On the first time the RAG was not useful because it embeds the whole text as the data to retrieve:

In [111]:
query = "What is the name of the district that Rocourt used to be a part of?"
augmented_prompt, source_knowledge = augment_prompt(query, model=model, index=index)
response = co.chat(
        model='command-r-plus',
        message=augmented_prompt,
    
    )
print("Response: " ,response.text)
print("Source: \n" +source_knowledge)

Response:  I don't know.
Source: 
Coden is a small fishing village near Bayou la Batre, Alabama, USA. It is about 20 miles southwest of Mobile, near the Alabama/Mississippi border. The name of the town comes from Coq d'Inde, which is French for "Turkey".

Around 1900, the area was known as a resort, which is a place people go to on their vacations.  The Rolston Hotel brought visitors from all over the region. When it was destroyed by a hurricane, the community fell on hard times. The Rolston Hotel property now belongs to the City Of Bayou La Batre and is a park that  is  attracting people from other areas who want cool ocean breezes and peace that originally brought visitors. It is nice because it has the gentle sound of the water of Portersville Bay, fishing, and relaxation. Fresh seafood can be found on Shell Belt Road from fishing boats returning to Bayou Coden. Coden is on the southern shore of the mainland, across the Mississippi Sound from Dauphin Island and is one stop along Ala

### Implementing more complex RAG
#### This code will first find the noun we need information on and then embed it to the index

In [112]:
def ask_rag(query,model=model, index=index):
    prompt = "Given the following question, return only the name of the noun we need information on in order to solve the question \n" + query
    response = co.chat(
        model='command-r-plus',
        message=prompt,
    )
    print("needed noun: ",response.text)
    augmented_prompt,source_knowledge = augment_prompt(query, model=model, index=index)
    response = co.chat(
        model='command-r-plus',
        message=augmented_prompt,
    
    )
    print("Response: " ,response.text)
    print("Source: \n" +source_knowledge)


In [119]:
ask_rag("What is a figure of speech that compares two different things?")

needed noun:  comparison
Response:  A figure of speech that compares two different things is a simile.
Source: 
A simile is a figure of speech that compares two different things, usually by using the words 'like' or 'as'. It is used to make a direct and clear comparison between two things .Similes may be confused with metaphors, which do the same kind of thing.

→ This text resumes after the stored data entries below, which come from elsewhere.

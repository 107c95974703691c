// Answers (01, "Refusal numbers"): "An answer is a status byte (00 or the number), then on done the value byte,
// or for a message its length and bytes. It is put at the front of the lent buffer, a message into the part
// after its length byte; the rest of the buffer stays. A refusal writes its one byte".
//
// 10 writes nothing, so it is no answer here; 11 is told at the start only.
#![tactic(auto)]

ghost use Rattle.std.specs.Prelude.{◌≡◌, ◌∷◌, ◌≤◌, length};
ghost use Rattle.answers.specs.Answers.{status_of, length_of, front, answer_bytes, Ready};

use frames::requests::Span;

// Refusals 1 to 9, in order of check.
#[derive(Clone, Copy, PartialEq, Eq)]
pub enum Refusal {
    Malformed = 1,
    NotLive = 2,
    Unnamed = 3,
    Flow = 4,
    Authority = 5,
    Cycle = 6,
    Full = 7,
    Empty = 8,
    BrokenRule = 9,
}

// A message is kept at a place of the store, or was given in the frame.
#[derive(Clone, Copy, PartialEq, Eq)]
pub enum Answer {
    Refused(Refusal),
    Done,
    Value(u8),
    Kept(usize),
    Given(Span),
}

pub fn status_of(a: Answer) -> u8
    ensures { result ≡ status_of a }
{
    match a {
        Answer::Refused(r) => r as u8,
        _ => 0,
    }
}

// How many bytes `write` puts at the front of the buffer.
pub fn length_of<'a>(a: Answer, frame: &'a [u8], store: &'a [u8]) -> usize
    requires { Ready frame.now store.now a }
    ensures { result ≡ length_of store.now a }
{
    match a {
        Answer::Refused(_) | Answer::Done => 1,
        Answer::Value(_) => 2,
        Answer::Kept(at) => 2 + store[at] as usize,
        Answer::Given(m) => 2 + m.len,
    }
}

// Done, with a message: its length, and its bytes into the part of the buffer after it.
fn write_message(message: &[u8], answer: &mut [u8])
    requires { (length message.now ≤ 32) × (34 ≤ length answer.old) }
    ensures { answer.new ≡ front (0 ∷ length message.now ∷ message.now) answer.old }
{
    let n = message.len();
    answer[0] = 0;
    answer[1] = n as u8;
    answer[2..2 + n].copy_from_slice(message);
}

// An answer at the front of the lent buffer. A message is read from the frame or the store.
pub fn write<'a>(a: Answer, frame: &'a [u8], store: &'a [u8], answer: &mut [u8])
    requires { Ready frame.now store.now a × (34 ≤ length answer.old) }
    ensures { answer.new ≡ front (answer_bytes frame.now store.now a) answer.old }
{
    match a {
        Answer::Refused(r) => answer[0] = r as u8,
        Answer::Done => answer[0] = 0,
        Answer::Value(v) => {
            answer[0] = 0;
            answer[1] = v;
        }
        Answer::Kept(at) => write_message(store::message(store, at), answer),
        Answer::Given(m) => write_message(&frame[m.at..m.at + m.len], answer),
    }
}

Similes use comparisons, with the words 'like' or 'as'. Metaphors use indirect comparisons, without the words 'like' or 'as'.

Similes:
Like a hungry wolf, he ate the food.

A conceptual metaphor or cognitive metaphor is a metaphor which refers to one domain (group of ideas) in terms of another. For example, treating quantity in terms of direction:
Prices are rising.
I attacked every weak point in his argument. (Argument as war rather than enquiry or search for truth).
Life is a journey.

Ad hominem is a Latin word for a type of argument. It is a word often used in rhetoric. Rhetoric is the science of speaking well, and convinci

### We tried the 3 other questions and this one worked while the other did not.